Monday, July 9, 2012

The Holmesophobic TV trend.


In yesterday’s Akron Beacon Journal, Rich Heldenfels wrote, “TV can’t seem to get enough of flawed masterminds, characters whose brilliance or powers of perception are so considerable that their personality flaws can be forgiven.”

He was mainly writing about TNT’s upcoming show Perception, but Sherlock Holmes’s name got thrown in there as well. Is our friend Sherlock “a flawed mastermind?”  Most Sherlock fans I’ve met in the last thirty years don’t think so. But there have always been those folks I’ve run into who sieze on Holmes’s rare instances of drug use like a bull pup on a Persian slipper (you know that’s why Sherlock only had one!). And lately that crowd is starting to add psychological conditions like Asperger’s and sociopathy to their list of ways to cut Holmes down to an acceptable size.

Think they might feel a little bit threatened by a fictional genius? I do.

Just as homophobes over-react to same-sex proclivities as a part of their own self-shame issues, Holmesophobes have a need for Holmes-level geniuses to have character flaws of equivalent levels just to make them palatable and non-ego-threatening. Of course it isn’t just geniuses taking the hit these days. Reality shows cherry pick socially dysfunctional sorts to make even your average, normal man on the street seem to be in the minority. Have Americans become so insecure that we can only be entertained by idiots, drama queens, and the psychologically impaired? Once upon a time we watched shows about exceptional people doing exceptional things and dreamed of one day being like that. Now we watch losers doing loserish things and fell better about ourselves.

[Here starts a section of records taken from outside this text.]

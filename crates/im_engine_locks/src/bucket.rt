//! Where the locks on the keys of one digest stand.

ghost use Rattle.std.specs.Prelude.{◌≡◌, ◌++◌, ◌∷◌, [], OnOk, OnErr, map, true, false};
ghost use Rattle.im_engine_locks.specs.Requests.{named};
ghost use Rattle.im_engine_locks.specs.Index.{IsLeast, seen};
ghost use Rattle.im_engine_locks.specs.InStep.{owned};
ghost use Rattle.im_engine_locks.specs.Places.{finds as finds_in, is_there, is_rival, listed, without};

use crate::name::Name;
use crate::own_locks::OwnLocks;
use crate::place::{Place, Span};
use crate::rivals::{rival, smaller, smallest_among};
use crate::stored_lock::{StoredLock, is_at};
use im_base_types::TxnId;
use im_theory_machine::Mode;
use std::alloc::{AllocError, Global};
use std::collections::HashMap;

/// The places of the locks on the keys of one digest. There is one at least, and mostly no more, so that it wants no memory.
#[derive(Drop)]
pub struct Bucket {
    pub first: Place,
    pub more: Vec<Place>,
}

impl Bucket {
    /// One place.
    pub fn one(alloc: Global, place: Place) -> Bucket
        ensures { listed result ≡ place ∷ [] }
    {
        Bucket {
            first: place,
            more: Vec::new(alloc),
        }
    }

    /// Whether one of the locks is in this list of the owner, on the name in this mode.
    pub fn finds(
        &self,
        owner: TxnId,
        span: Span,
        locks: &[StoredLock],
        name: Name<'_>,
        mode: Mode,
    ) -> bool
        ensures { result ≡ finds_in (listed self.now) owner span (map seen locks.now) (named name.entry) mode }
    {
        is_found(&self.first, owner, span, locks, name, mode)
            || finds(self.more.as_slice(), owner, span, locks, name, mode)
    }

    /// The smallest number of an owner of one of the locks that is against `t`, who asks for the name in this mode.
    pub fn smallest_rival(
        &self,
        owners: &HashMap<TxnId, OwnLocks>,
        t: TxnId,
        name: Name<'_>,
        mode: Mode,
    ) -> Option<TxnId>
        ensures { IsLeast (is_rival (listed self.now) (owned owners.now) t (named name.entry) mode) result }
    {
        smaller(
            rival(&self.first, owners, t, name, mode),
            smallest_among(self.more.as_slice(), owners, t, name, mode),
        )
    }

    /// One place more.
    pub fn push(&mut self, place: Place) -> Result<(), AllocError>
        ensures ok { OnOk result (listed self.new ≡ listed self.old ++ place ∷ []) }
        ensures err { OnErr result (listed self.new ≡ listed self.old) }
    {
        self.more.push(place)?;
        Ok(())
    }

    /// Takes a place out, if it is there. Answers whether none is left; it is still as it was in part then.
    pub fn take_out(&mut self, place: Place) -> bool
        ensures left { result ≡ false → listed self.new ≡ without place (listed self.old) }
        ensures none { result ≡ true → without place (listed self.old) ≡ [] }
    {
        self.more.retain(|p| !p.is(place));
        if !self.first.is(place) {
            return false;
        }
        if self.more.is_empty() {
            return true;
        }
        self.first = self.more.remove(0);
        false
    }
}

/// Whether one of the places is in this list of the owner, and the lock there on the name in this mode.
pub fn finds(
    places: &[Place],
    owner: TxnId,
    span: Span,
    locks: &[StoredLock],
    name: Name<'_>,
    mode: Mode,
) -> bool
    ensures { result ≡ finds_in places.now owner span (map seen locks.now) (named name.entry) mode }
{
    for place in places {
        if is_found(place, owner, span, locks, name, mode) {
            return true;
        }
    }
    false
}

// The same of one place.
fn is_found(
    place: &Place,
    owner: TxnId,
    span: Span,
    locks: &[StoredLock],
    name: Name<'_>,
    mode: Mode,
) -> bool
    ensures { result ≡ is_there place.now owner span (map seen locks.now) (named name.entry) mode }
{
    place.owner == owner && place.span == span && is_at(locks, place.at, name, mode)
}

And into this sludge pool comes a new American television version of Sherlock Holmes. Of course he’s going to have addiction issues and probably a few other mental troubles before the series takes a Neilsen bullet. The challenge for Holmes fans will be much as it was in the 1970s when Nicholas Meyer hit the best-seller list by making Holmes a delusional cokehead. (Why do we still like that guy? Wrath of Khan?) We’re going to have to deal with the chuckleheads who draw their entire knowledge of Holmes from what they heard second-hand about a very off-key adaptation.

We can be even-tempered in looking forward to the new American version of Sherlock on TV, and wait to start considering it, but why? Trust me. The Holmesophobes are going to be on the rise again, my friends. Prepare yourselves.